→ WORK TASK
Find every line in the records that holds the string "FitsBook". Copy each one.

--------------------

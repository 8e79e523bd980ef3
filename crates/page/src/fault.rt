//! Why a step was not good.

/// Why a step was not good.
#[derive(Clone, Copy)]
pub(crate) enum Fault {
    /// The power went off in it.
    Lost,
    /// No disk runs, or, of a start, one runs already.
    Idle,
    /// The blocks are no blocks of the disk, or the step is none.
    Refused,
    /// The disk failed otherwise.
    Failed,
    NoMemory,
}
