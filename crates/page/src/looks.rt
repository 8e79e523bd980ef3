//! A sector of an image, looked at.
ghost use Rattle.std.specs.Prelude.{◌≡◌, IfSome, IfNone};
ghost use Rattle.journal.specs.Formats.{shape_of};
ghost use Rattle.page.specs.Roles.{AreSizes, HasSizes, sector_code, part_code, part_of};
ghost use Rattle.page.specs.Words.{Says, SaysPart};

use crate::sectors::{
    Part, Role, part_of, role_of, stamp_in, words_of_commit, words_of_descriptor, words_of_head,
    words_of_super,
};
use journal::{LogFormat, Super};

/// The sizes of an image of the page, where they are in their limits.
pub(crate) fn sizes_of(format: u32, slots: u32, blocks: u32) -> Option<Super>
    ensures some { IfSome result (HasSizes format slots blocks) }
    ensures none { IfNone result (AreSizes format slots blocks → ⊥) }
{
    let format = match format {
        1 => LogFormat::One,
        2 => LogFormat::Two,
        _ => return None,
    };
    if slots < 1 || slots > 4 || blocks < 1 || blocks > 32 {
        return None;
    }
    Some(Super::new(format, u64::from(blocks), u64::from(slots)))
}

/// What a sector is, as a number, and what its bytes say.
pub(crate) fn look(sizes: &Super, sector: u64, bytes: &[u8; 512]) -> (u32, [u64; 8])
    ensures code { result.0 ≡ sector_code (shape_of sizes.now) sector }
    ensures says { Says (shape_of sizes.now) sector bytes.now result.1 }
{
    match role_of(sizes, sector) {
        Role::None => (0, [0; 8]),
        Role::Super => (1, words_of_super(bytes)),
        Role::Head => (2, words_of_head(bytes)),
        Role::Log(slot, number) => look_in_slot(sizes.format, slot, number, bytes),
        Role::Home(block) => (6, [0, 0, 1, block, 0, 0, 0, 0]),
    }
}

// The same of a sector of a slot, which stands first in the numbers.
fn look_in_slot(format: LogFormat, slot: u64, number: u64, bytes: &[u8; 512]) -> (u32, [u64; 8])
    ensures code { result.0 ≡ part_code (part_of format number) }
    ensures says { SaysPart format slot (part_of format number) bytes.now result.1 }
{
    match part_of(format, number) {
        Part::Descriptor(j) => (3, words_of_descriptor(format, slot, j, bytes)),
        Part::Data(i) => (4, [slot, i, 1, stamp_in(format, bytes), 0, 0, 0, 0]),
        Part::Commit => (5, words_of_commit(format, slot, bytes)),
    }
}
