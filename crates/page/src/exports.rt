//! The calls of the page.
ghost use Rattle.std.specs.Prelude.{◌≡◌, ◌≤◌, ◌↔◌, ◌⊎◌};
ghost use Rattle.page.specs.Scripts.{IsScript};
ghost use Rattle.page.specs.Roles.{AreSizes, TellsRole};
ghost use Rattle.page.specs.Words.{TellsWords};
ghost use Rattle.page.specs.Told.{IsPlayed, LacksRoom};

use crate::play::{look_at, play_plain_script, play_script};
use std::alloc::Global;

/// Plays a script on a new disk: 0, and what there is at its end stands at the front of the room as
/// `docs/page` spells it. 1 where the script is none, 2 for want of memory, 3 where the room is too
/// little.
#[unsafe(no_mangle)]
pub extern "C" fn page_play(
    alloc: Global,
    script: &[u8],
    told: &mut [u64; 16],
    to: &mut [u8],
) -> u32
    ensures played { result ≡ 0 → IsPlayed script.now told.new to.old to.new }
    ensures none { (result ≡ 1) ↔ (IsScript script.now → ⊥) }
    ensures room { result ≡ 3 → LacksRoom script.now told.new to.old }
    ensures left { (result ≡ 0) ⊎ ((result ≤ 3) × (to.new ≡ to.old)) }
{
    play_script(alloc, script, told, to)
}

/// Plays a script on a disk without a log, and answers as `page_play` does. This disk is there to
/// compare, and promises nothing: it has no clauses.
#[unsafe(no_mangle)]
pub extern "C" fn page_plain(
    alloc: Global,
    script: &[u8],
    told: &mut [u64; 16],
    to: &mut [u8],
) -> u32 {
    play_plain_script(alloc, script, told, to)
}

/// The sizes of an image, as `docs/page` tells them.
#[repr(C)]
#[derive(Clone, Copy)]
pub struct ImageSizes {
    pub format: u32,
    pub slots: u32,
    pub blocks: u32,
}

/// Tells what a sector of an image of these sizes is, and what these bytes would say in it. 0 where
/// the sizes are none of the page, and the words stay.
#[unsafe(no_mangle)]
pub extern "C" fn page_sector(
    sizes: &ImageSizes,
    sector: u64,
    bytes: &[u8; 512],
    words: &mut [u64; 8],
) -> u32
    ensures role { AreSizes sizes.now.format sizes.now.slots sizes.now.blocks
        → TellsRole sizes.now.format sizes.now.slots sizes.now.blocks sector result }
    ensures words { AreSizes sizes.now.format sizes.now.slots sizes.now.blocks
        → TellsWords sizes.now.format sizes.now.slots sizes.now.blocks sector bytes.now words.new }
    ensures none { (AreSizes sizes.now.format sizes.now.slots sizes.now.blocks → ⊥)
        → (result ≡ 0) × (words.new ≡ words.old) }
{
    match look_at(sizes.format, sizes.slots, sizes.blocks, sector, bytes) {
        Some(seen) => {
            let (role, said) = seen;
            *words = said;
            role
        }
        None => 0,
    }
}
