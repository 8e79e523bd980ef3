//! A scene as numbers and bytes.
ghost use Rattle.std.specs.Prelude.{◌≡◌, ◌≤◌, ◌*◌, ◌++◌, IsTrue, IfSome, flat_map, length};
ghost use Rattle.medium.specs.Sim.{state_of};
ghost use Rattle.logical_blocks.specs.Book.{Book, array_of, blocks_at};
ghost use Rattle.blocks.specs.StoreValue.{FitsBook, blocks_of};
ghost use Rattle.page.specs.Scenes.{Shows, HoldsAt};
ghost use Rattle.page.specs.Pictures.{numbers_of, served_by, spelled, medium_bytes, picture};

use crate::place::Place;
use crate::plain::Plain;
use crate::scene::Scene;
use crate::watched::{Waiting, Watched};
use blocks::Store;
use journal::Super;
use medium::Medium;
use std::alloc::Global;

/// Tells the numbers of a scene, and appends what it serves, its flushed sectors and its unflushed
/// writes. False for want of memory.
pub(crate) fn show(
    alloc: Global,
    scene: Scene,
    sizes: &Super,
    told: &mut [u64; 16],
    to: &mut Vec<u8>,
) -> bool
    ensures told { told.new ≡ numbers_of scene sizes.now }
    ensures bytes { (book : Book) → Shows scene book → IsTrue result
        → to.new.items ≡ to.old.items ++ picture scene.place book sizes.now.blocks }
{
    *told = numbers(&scene, sizes);
    let mut behind = Vec::new(alloc);
    if !append_medium(&mut behind, scene.place.medium()) {
        return false;
    }
    let Some(blocks) = served(alloc, scene.place, sizes) else {
        return false;
    };
    to.extend_from_slice(&blocks).is_ok() && to.extend_from_slice(&behind).is_ok()
}

// The numbers of a scene.
fn numbers(scene: &Scene, sizes: &Super) -> [u64; 16]
    ensures { result ≡ numbers_of scene.now sizes.now }
{
    let medium = scene.place.medium();
    let life = &scene.life;
    [
        scene.place.code(),
        medium.sectors(),
        sizes.home,
        sizes.blocks,
        medium.waiting().len() as u64,
        life.accepted,
        life.promised,
        0,
        life.accepted_before,
        life.promised_before,
        0,
        life.starts,
        0,
        medium.flushes(),
        0,
        0,
    ]
}

// What a READ of all blocks gives, or zeros where no disk runs. `None` for want of memory.
fn served(alloc: Global, place: Place, sizes: &Super) -> Option<Vec<u8>>
    ensures { (book : Book) → HoldsAt place book
        → IfSome result (λ bytes. bytes.items ≡ served_by place book sizes.now.blocks) }
{
    match place {
        Place::Runs(store) => read_all(alloc, store, sizes),
        _ => Vec::from_elem(alloc, 0, 512 * sizes.blocks as usize).ok(),
    }
}

// What a READ of all blocks gives. `None` for want of memory, and where the store has no such
// blocks.
fn read_all(alloc: Global, store: Store<Watched>, sizes: &Super) -> Option<Vec<u8>>
    ensures { (book : Book) → FitsBook (state_of store.medium) store.cached book
        → IfSome result (λ bytes. bytes.items ≡ blocks_at (array_of book) 0 sizes.now.blocks) }
{
    let mut store = store;
    let blocks = sizes.blocks;
    if blocks > 32 || blocks > store.blocks() {
        return None;
    }
    let Ok(bytes) = Vec::from_elem(alloc, 0, 512 * blocks as usize) else {
        return None;
    };
    let mut bytes = bytes;
    if read_first(&mut store, blocks, &mut bytes) {
        Some(bytes)
    } else {
        None
    }
}

// Reads the first blocks, for which there is room. Whether it could.
fn read_first(store: &mut Store<Watched>, blocks: u64, to: &mut [u8]) -> bool
    requires count { (1 ≤ blocks) × (blocks ≤ 32) }
    requires inside { blocks ≤ blocks_of store.old.cached }
    requires room { length to.old ≡ 512 * blocks }
    ensures { (book : Book) → FitsBook (state_of store.old.medium) store.old.cached book
        → IsTrue result → to.new ≡ blocks_at (array_of book) 0 blocks }
{
    let _ = store.limit();
    match store.read(0, to) {
        Ok(()) => true,
        Err(_) => false,
    }
}

// Appends the flushed sectors of a medium and its unflushed writes. False for want of memory.
fn append_medium(to: &mut Vec<u8>, medium: &Watched) -> bool
    ensures { IsTrue result → to.new.items ≡ to.old.items ++ medium_bytes medium.now }
{
    to.extend_from_slice(medium.durable()).is_ok() && append_waiting(to, medium.waiting())
}

/// Appends the unflushed writes. False for want of memory.
fn append_waiting(to: &mut Vec<u8>, waiting: &[Waiting]) -> bool
    ensures { IsTrue result → to.new.items ≡ to.old.items ++ flat_map spelled waiting.now }
{
    for write in waiting {
        if to.extend_from_slice(&write.sector.to_le_bytes()).is_err() {
            return false;
        }
        if to.extend_from_slice(&write.block).is_err() {
            return false;
        }
    }
    true
}

/// The numbers of a disk without a log: each sector is the home of a block.
pub(crate) fn plain_numbers(plain: &Plain) -> [u64; 16] {
    let life = &plain.life;
    let sectors = plain.medium.sectors();
    [
        plain.code(),
        sectors,
        0,
        sectors,
        plain.medium.waiting().len() as u64,
        life.accepted,
        life.promised,
        0,
        life.accepted_before,
        life.promised_before,
        0,
        life.starts,
        0,
        plain.medium.flushes(),
        0,
        0,
    ]
}

/// Appends what its blocks hold, its flushed sectors and its unflushed writes. False for want of
/// memory.
pub(crate) fn plain_bytes(to: &mut Vec<u8>, plain: &mut Plain) -> bool {
    let mut sector = [0; 512];
    for i in 0..plain.medium.sectors() {
        if !plain.runs || i >= plain.medium.sectors() {
            sector = [0; 512];
        } else if plain.medium.read(i, &mut sector).is_err() {
            sector = [0; 512];
        }
        if to.extend_from_slice(&sector).is_err() {
            return false;
        }
    }
    to.extend_from_slice(plain.medium.durable()).is_ok()
        && append_waiting(to, plain.medium.waiting())
}
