//! A script played whole, and a sector of an image looked at.
ghost use Rattle.std.specs.Prelude.{◌≡◌, ◌<◌, ◌≤◌, ◌+◌, ◌*◌, ◌++◌, ◌↔◌, ◌⊎◌, [], length, drop};
ghost use Rattle.std.specs.Prelude.{IfSome, IsTrue, MatchOption, false};
ghost use Rattle.medium.specs.Sim.{state_of};
ghost use Rattle.journal.specs.Places.{Shape, slot_sectors_of};
ghost use Rattle.recovery.specs.Calls.{IsFormatted};
ghost use Rattle.page.specs.Scripts.{Begins, IsHead, IsReached, IsScript, shape_for};
ghost use Rattle.page.specs.Roles.{AreSizes, TellsRole};
ghost use Rattle.page.specs.Words.{TellsWords};
ghost use Rattle.page.specs.Told.{IsPlayed, LacksRoom};

use crate::life::Life;
use crate::looks::{look, sizes_of};
use crate::picture::{plain_bytes, plain_numbers, show};
use crate::plain::Plain;
use crate::scene::{Played, Scene, start_on};
use crate::script::{Head, code_of, head_of, play_all};
use crate::step::{STEP, Step};
use crate::watched::Watched;
use recovery::make;
use std::alloc::Global;

/// The script is none.
const NO_SCRIPT: u32 = 1;

/// There is no memory.
const NO_MEMORY: u32 = 2;

/// There is too little room for the bytes.
const LITTLE_ROOM: u32 = 3;

/// Plays a script on a new disk: 0, and what there is at its end stands at the front of the room as
/// `docs/page` spells it. 1 where the script is none, 2 for want of memory, 3 where the room is too
/// little.
pub(crate) fn play_script(
    alloc: Global,
    steps: &[u8],
    numbers: &mut [u64; 16],
    room: &mut [u8],
) -> u32
    ensures played { result ≡ 0 → IsPlayed steps.now numbers.new room.old room.new }
    ensures none { (result ≡ 1) ↔ (IsScript steps.now → ⊥) }
    ensures room { result ≡ 3 → LacksRoom steps.now numbers.new room.old }
    ensures left { (result ≡ 0) ⊎ ((result ≤ 3) × (room.new ≡ room.old)) }
{
    let Some(head) = head_of(steps) else {
        return NO_SCRIPT;
    };
    let mut bytes = Vec::new(alloc);
    let Some(scene) = reach(alloc, &head, steps, &mut bytes) else {
        return NO_MEMORY;
    };
    if !show(alloc, scene, &head.sizes, numbers, &mut bytes) {
        return NO_MEMORY;
    }
    if hand_out(&bytes, room) {
        0
    } else {
        LITTLE_ROOM
    }
}

/// Plays a script on a disk without a log, and answers as `play_script` does. This disk is there to
/// compare, and promises nothing: it has no clauses.
pub(crate) fn play_plain_script(
    alloc: Global,
    steps: &[u8],
    numbers: &mut [u64; 16],
    room: &mut [u8],
) -> u32 {
    let Some(head) = head_of(steps) else {
        return NO_SCRIPT;
    };
    let Some(bytes) = play_plain(alloc, &head, steps, numbers) else {
        return NO_MEMORY;
    };
    if hand_out(&bytes, room) {
        0
    } else {
        LITTLE_ROOM
    }
}

/// Tells what a sector of an image of these sizes is, and what these bytes would say in it. `None`
/// where the sizes are none of the page.
pub(crate) fn look_at(
    format: u32,
    slots: u32,
    blocks: u32,
    sector: u64,
    bytes: &[u8; 512],
) -> Option<(u32, [u64; 8])>
    ensures { MatchOption result (AreSizes format slots blocks → ⊥) (λ seen.
        AreSizes format slots blocks × TellsRole format slots blocks sector seen.0
        × TellsWords format slots blocks sector bytes.now seen.1) }
{
    match sizes_of(format, slots, blocks) {
        Some(sizes) => Some(look(&sizes, sector, bytes)),
        None => None,
    }
}

// Plays a script on a disk without a log.
fn play_plain(alloc: Global, head: &Head, script: &[u8], told: &mut [u64; 16]) -> Option<Vec<u8>> {
    let mut bytes = Vec::with_capacity(alloc, 0).ok()?;
    let image = Vec::from_elem(alloc, 0u8, 512 * head.sizes.blocks as usize).ok()?;
    let medium = Watched::new(alloc, image, 1024).ok()?;
    let mut plain = Plain {
        medium,
        runs: true,
        life: Life::new().next(),
    };
    for i in 1..script.len() / STEP {
        let step = Step::decode(&script[STEP * i..STEP * i + STEP]);
        bytes.push(code_of(&plain.play(&step))).ok()?;
    }
    *told = plain_numbers(&plain);
    if plain_bytes(&mut bytes, &mut plain) {
        Some(bytes)
    } else {
        None
    }
}

// Bytes to the front of a room, where they fit.
fn hand_out(bytes: &[u8], to: &mut [u8]) -> bool
    ensures lacks { result ≡ false ↔ (length to.old < length bytes.now) }
    ensures front { IsTrue result → to.new ≡ bytes.now ++ drop (length bytes.now) to.old }
    ensures left { result ≡ false → to.new ≡ to.old }
{
    if to.len() < bytes.len() {
        return false;
    }
    to[..bytes.len()].copy_from_slice(bytes);
    true
}

// Plays a script on a new disk, and appends how its steps went. `None` for want of memory.
fn reach(alloc: Global, head: &Head, script: &[u8], answers: &mut Vec<u8>) -> Option<Scene>
    requires { IsHead script.now head.now }
    ensures { answers.old.items ≡ []
        → IfSome result (IsReached head.now script.now answers.new.items) }
{
    match begin(alloc, head) {
        Some(scene) => play_all(alloc, scene, script, answers),
        None => None,
    }
}

// A new medium, and a disk that has started on it. `None` for want of memory.
fn begin(alloc: Global, head: &Head) -> Option<Scene>
    requires slots { head.now.sizes.slots ≤ 4 }
    requires blocks { head.now.sizes.blocks ≤ 32 }
    requires home { head.now.sizes.home
        ≡ 2 + slot_sectors_of head.now.sizes.format * head.now.sizes.slots }
    ensures { IfSome result (Begins (shape_for head.now.sizes) head.now.goes_ahead) }
{
    let sizes = &head.sizes;
    let sectors = sizes.sectors() as usize;
    let bytes = Vec::from_elem(alloc, 0u8, 512 * sectors).ok()?;
    let mut medium = Watched::new(alloc, bytes, sectors + 128).ok()?;
    match make(&mut medium, sizes.format, sizes.blocks, sizes.slots) {
        Ok(()) => start_first(alloc, medium, head.goes_ahead),
        Err(_) => None,
    }
}

// Starts a disk on a new image.
fn start_first(alloc: Global, medium: Watched, goes_ahead: bool) -> Option<Scene>
    ensures { (shape : Shape) → IsFormatted shape (state_of medium)
        → IfSome result (Begins shape goes_ahead) }
{
    let Played {
        scene,
        result: went,
    } = start_on(alloc, medium, Life::new(), goes_ahead);
    match went {
        Ok(()) => Some(scene),
        Err(_) => None,
    }
}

--------------------

→ WORKED SOLUTION
ghost use Rattle.blocks.specs.StoreValue.{FitsBook, blocks_of};
    ensures { (book : Book) → FitsBook (state_of store.medium) store.cached book
    ensures { (book : Book) → FitsBook (state_of store.old.medium) store.old.cached book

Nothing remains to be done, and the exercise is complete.